The health-care institutions perched atop U.S. News and World Report’s annual best hospitals ranking are known as the leaders in their field, the place to be for their specialties, well-staffed and highly regarded.
New research from a Fisher College of Business professor found those accolades don’t, however, mean operating margins aren’t often razor-thin – or in the red.

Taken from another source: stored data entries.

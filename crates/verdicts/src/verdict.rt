// The line that is printed of a refusal.
ghost use Rattle.std.specs.Prelude.{Some};
ghost use Rattle.verdicts.specs.Verdicts.{verdict};

use crate::reason::Reason;
use std::fmt;

// A reason as the line that is printed of it: `refused NUMBER at PLACE: Name`
#[derive(Clone, Copy)]
pub struct Verdict<'a, R>(pub &'a R);

impl<'a, R: Reason> fmt::Display for Verdict<'a, R> {
    ghost output = { λ v. Some (verdict (R.told v.0.now)) };

    fn fmt<W: fmt::Write>(&self, f: &mut fmt::Formatter<W>) -> fmt::Result {
        let number = self.0.number();
        let place = self.0.place();
        let name = self.0.name();
        write!(f, "refused {number} at {place}: {name}")
    }
}
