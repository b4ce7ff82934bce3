// Small numbers: those of variables and sites.
ghost use Rattle.std.specs.Prelude.{◌≡◌, ◌<◌, MatchOption};

// The largest.
const LARGEST: u16 = 31;

// A number of a variable or a site, from 0 to the largest.
#[derive(Clone, Copy)]
pub(crate) struct Small {
    pub(crate) number: u8,
    ghost small: { number < 32 },
}

impl Small {
    // The number, if it is small.
    // Kept: an `Option`, and not `TryFrom`. Both callers have a fault of their own, so an error from here would be dropped.
    pub(crate) fn new(number: u16) -> Option<Small>
        ensures { MatchOption result (31 < number) (λ s. (s.number ≡ number) × (number < 32)) }
    {
        if number > LARGEST {
            return None;
        }
        Some(Small {
            number: number as u8,
        })
    }
}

Featured in the December 2013 edition of the Decision Sciences journal is a nearly decade-long glimpse at top hospitals’ profitability from W.C. Benton Jr., Edwin D. Dodd Professor Management Sciences at Fisher. The study, “A Profitability Evaluation of America’s Best Hospitals, 2000-2008,” is a follow-up to similar analysis conducted in 2000 and 2007.
It’s an attempt to answer a question Benton says nagged him for years:
“If they’re the best, are they sustainable? Are they liquid?” he asked. “You can be of the best quality in the world, but if the lights aren’t on, you won’t survive.”
The hospitals Benton analyzed in the latest research are the scant 3 percent of the nation’s 5,000-plus that make it on the U.S. News ranking, thanks to favorable scores on patient survival rates, structural resources, staffing levels, and reputation. In the second part of the research, Benton also conducted a more detailed analysis of the “honor roll” hospitals on the list, those that find at least six of their specialties ranked near the top of 16 sub-rankings.
While two in three hospitals are designated nonprofits, Benton’s research uses the metric to gauge how much revenue remains each year to reinvest into the organization.
The results paint an intriguing picture of how the financial state of the nation’s best hospitals changed throughout the last decade. Average net income among these hospitals rose from about $10 million in 2000 to more than $58 million in 2008, while net income per bed spiked to $115,000 from about $18,000.
Profit margins tell a different story. In 2008, they ranged from a high of 71 percent to a deficit of 19 percent among 123 hospitals, but the average fell closer to break-even at 4 percent, up slightly from 1 percent in 2000. That means even though average profit at these hospitals rose at a frenzied pace in those years, it remained only a tiny slice of the revenue received, indicating overhead and fixed costs in the form of technology, advertising, and brick-and-mortar investments were moving nearly as quickly.
Indeed, across all hospitals nationwide, the number of beds in those eight years shrank to 951,000 from 984,000, but expenses ballooned to nearly $700 billion, up from $400 billion in 2000, according to Census Bureau data. The total number of hospitals, meanwhile, was virtually unchanged.
Juggling these heavy investments amid an increasingly complex financial ecosystem of public and private dollars means that in order to keep the lights on, Benton said, “hospitals are getting smarter.”
“In some cases, they’re even trying to ‘game the system,’” he said. “But some won’t survive.”
How these best-in-class hospitals are surviving was the focus of Benton’s deep dive into the “honor roll” pack of institutions in the second part of his research. What emerged was no clear-cut formula for financial success.
One honor roll hospital tightened bed capacity, improved occupancy and took on a more complex caseload, only to see its profit margins take a hit over the nine-year period. Another increased bed capacity and reduced caseload diversity, flipping from a shortfall to a surplus.
“These (honor roll) hospitals are trying to adjust to a new environment,” Benton said. “They’re trying to size themselves the right way.”
With no silver bullet to slay the challenge of operating in this rapidly changing, Affordable Care Act era, the notion of segmentation will become even more critical, according to the research. In short, hospitals can’t continue to be all things to all patients, pumping resources into pricey or, worse, redundant technology. New changes to reimbursements through the health-care law might lead to more cooperation among hospitals, but Benton said survival ultimately will be a question of leadership.
“Hospitals are going to have to decide what their core competencies are and try to provide the best care per dollar spent,” he said. “They should keep an eye on the external environment, but in the end, what decides whether you’re going to be successful is you.”